Having come out of rehab, she moved back to Ireland -- a refuge for her throughout her life -- and began reinventing herself as a jazz and blues singer.

It was there that she began to hone her musical talent, inspired by her interest in pre-war Weimar Germany, and revive her acting career, playing the mother in Pink Floyd's rock opera "The Wall" in 1990.

In the mountains south of Dublin, she also wrote the first volume of her autobiography, which was published alongside "A Collection of Her Best Recordings", featuring her old friends Richards and Stones drummer Charlie Watts and guitarist Ron Wood.

Her reputation continued to grow with a string of albums featuring collaborations with Daniel Lanois, Emmylou Harris, Pink Floyd's Roger Waters and PJ Harvey and Nick Cave.

She was now a living legend, playing herself as God in the British sitcom "Absolutely Fabulous" -- Pallenberg played the devil.

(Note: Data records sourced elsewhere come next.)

// The calls so far, as long as there is memory for them.
ghost use Rattle.std.specs.Prelude.{◌≡◌, ◌≤◌, ◌++◌, [], ◌∷◌, ◌&&◌, ◌||◌, not, if◌then◌else◌, Some, Ok, Err, length, take, is_some, IfOk, IsOkAnd, IsTrue};
ghost use Rattle.kms_host.specs.Recording.{Notes};
ghost use Rattle.kms_host.specs.Memory.{next};
ghost use Rattle.kms_host.specs.declared.call.Call.TheVariants as calls;
ghost use Rattle.kms_host.specs.declared.call.NameFault.TheVariants as faults;

use crate::{Bytes, Call, NameFault, NoMemory, Purpose};
use std::alloc::Global;
use std::marker::Model;

#[derive(Drop)]
pub struct Log {
    calls: Vec<Call>,
    tells: bool,
    wanted: u64,
}

impl Model for Log {
    ghost use Rattle.kms_host.specs.Recording.{Recording, told_calls};

    ghost Value = { Recording };

    ghost view = { λ l. record { calls = told_calls l.tells l.calls.items; wanted = l.wanted } };
}

impl Log {
    pub fn new(alloc: Global) -> Log
        ensures { result ≡ record { calls = Some []; wanted = 0 } }
    {
        Log {
            calls: Vec::new(alloc),
            tells: true,
            wanted: 0,
        }
    }

    /// Whether there was memory for every call.
    pub fn tells(&self) -> bool
        ensures { result ≡ is_some self.now.calls }
    {
        self.tells
    }

    /// How many calls were out of memory.
    pub fn wanted(&self) -> u64
        ensures { result ≡ self.now.wanted }
    {
        self.wanted
    }

    /// Adds a call, as long as there is memory. `starved` says whether it was out of memory already.
    pub fn note(&mut self, call: Result<Call, NoMemory>, starved: bool)
        ensures { Notes call starved self.old self.new }
    {
        let lost = keep(&mut self.calls, &mut self.tells, call);
        count_if(&mut self.wanted, starved, lost);
    }
}

// Adds a call at the end, as long as the calls are told. Answers whether there was no memory for it: from then on they
// are told no more.
fn keep(calls: &mut Vec<Call>, tells: &mut bool, call: Result<Call, NoMemory>) -> bool
    ensures lost { result ≡ (tells.old && not tells.new) }
    ensures told { IsTrue tells.new → IsTrue tells.old × IsOkAnd call (λ c. calls.new.items ≡ calls.old.items ++ c ∷ []) }
{
    let told = *tells;
    *tells = told && push(calls, call);
    told && !*tells
}

// Adds a call at the end, and says whether there was memory for it.
fn push(calls: &mut Vec<Call>, call: Result<Call, NoMemory>) -> bool
    ensures { IsTrue result → IsOkAnd call (λ c. calls.new.items ≡ calls.old.items ++ c ∷ []) }
{
    match call {
        Ok(call) => calls.push(call).is_ok(),
        Err(NoMemory) => false,
    }
}

// Counts a call that was out of memory before it was recorded, or then.
fn count_if(wanted: &mut u64, starved: bool, lost: bool)
    ensures count { wanted.new ≡ (if starved || lost then next wanted.old else wanted.old) }
    ensures later { wanted.old ≤ wanted.new }
{
    if starved || lost {
        *wanted = wanted.saturating_add(1);
    }
}

/// The bytes that came on a line.
pub fn took(alloc: Global, line: u32, room: usize, bytes: &[u8]) -> Result<Call, NoMemory>
    ensures { IfOk result (λ c. c ≡ calls.Took line room (Some bytes.now)) }
{
    Ok(Call::Took(line, room, Some(Bytes::of(alloc, bytes)?)))
}

/// A piece for a line, and the length of the front that was sent.
pub fn gave(alloc: Global, line: u32, piece: &[u8], sent: Option<usize>) -> Result<Call, NoMemory>
    ensures { IfOk result (λ c. c ≡ calls.Gave line piece.now sent) }
{
    Ok(Call::Gave(line, Bytes::of(alloc, piece)?, sent))
}

/// The text that a key file gave, which are so many bytes at the front of the room.
pub fn named(alloc: Global, name: &str, room: &[u8], count: usize) -> Result<Call, NoMemory>
    requires { count ≤ length room.now }
    ensures { IfOk result (λ c. c ≡ calls.Text name.now (length room.now) (Ok (take count room.now))) }
{
    let name = Bytes::of(alloc, name.as_bytes())?;
    let text = Bytes::of(alloc, &room[..count])?;
    Ok(Call::Text(name, room.len(), Ok(text)))
}

/// A key file that gave none.
pub fn unnamed(alloc: Global, name: &str, room: usize) -> Result<Call, NoMemory>
    ensures { IfOk result (λ c. c ≡ calls.Text name.now room (Err faults.Failed)) }
{
    let name = Bytes::of(alloc, name.as_bytes())?;
    Ok(Call::Text(name, room, Err(NameFault::Failed)))
}

/// A name for the store, and how that came out.
pub fn attached(alloc: Global, name: &str, done: Result<(), NameFault>) -> Result<Call, NoMemory>
    ensures { IfOk result (λ c. c ≡ calls.Attached name.now done) }
{
    Ok(Call::Attached(Bytes::of(alloc, name.as_bytes())?, done))
}

/// An address for further lines, and how that came out.
pub fn listened(alloc: Global, address: &str, done: Result<(), NameFault>) -> Result<Call, NoMemory>
    ensures { IfOk result (λ c. c ≡ calls.Listened address.now done) }
{
    Ok(Call::Listened(Bytes::of(alloc, address.as_bytes())?, done))
}

/// The bytes that were drawn.
pub fn drew(alloc: Global, purpose: Purpose, bytes: &[u8]) -> Result<Call, NoMemory>
    ensures { IfOk result (λ c. c ≡ calls.Drew purpose (Some bytes.now)) }
{
    Ok(Call::Drew(purpose, Some(Bytes::of(alloc, bytes)?)))
}
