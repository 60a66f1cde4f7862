// The bytes that were sent, by line.
ghost use Rattle.std.specs.Prelude.{◌≡◌, ◌==◌, OnOk, OnErr, position};
ghost use Rattle.kms_host.specs.Memory.{sent_on, AddsTo};

use crate::{Bytes, NoMemory};
use std::alloc::Global;

// The place of a line that something was sent on.
fn place_of(outputs: &[(u32, Bytes)], line: u32) -> Option<usize>
    ensures { result ≡ position (λ o. o.0 == line) outputs.now }
{
    outputs.iter().position(|output| output.0 == line)
}

/// Adds a piece to what was sent on a line.
pub fn send(
    alloc: Global,
    outputs: &mut Vec<(u32, Bytes)>,
    line: u32,
    piece: &[u8],
) -> Result<(), NoMemory>
    ensures ok { OnOk result (AddsTo line piece.now outputs.old.items outputs.new.items) }
    ensures err { OnErr result (outputs.new.items ≡ outputs.old.items) }
{
    match place_of(outputs, line) {
        Some(place) => outputs[place].1.push_all(piece),
        None => {
            outputs.push((line, Bytes::of(alloc, piece)?))?;
            Ok(())
        }
    }
}

/// What was sent on a line.
pub fn sent_to(outputs: &[(u32, Bytes)], line: u32) -> &[u8]
    ensures { result.now ≡ sent_on line outputs.now }
{
    match place_of(outputs, line) {
        Some(place) => outputs[place].1.as_slice(),
        None => &[],
    }
}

Faithfull herself then played the Devil in the Tom Waits and William S. Burroughs musical "The Black Rider".

Sofia Coppola cast her as the Empress Maria Theresa in her 2008 film "Marie Antoinette".

And she was a guest singer on a host of songs including "The Memory Remains" by the US heavy metal band Metallica.

Only in her later years, however, did her music finally fully escape the shadow of her personal life.

Her final album, "Negative Capability" (2018), which she wrote and produced in Paris, where she spent most of her last years, was a hugely acclaimed meditation on loss and loneliness.

Dogged by bad health for decades, she escaped several brushes with death, beating both breast cancer and hepatitis.

Only weeks before the end, she caused a stir when she appeared in her wheelchair in the front row of a Paris fashion show.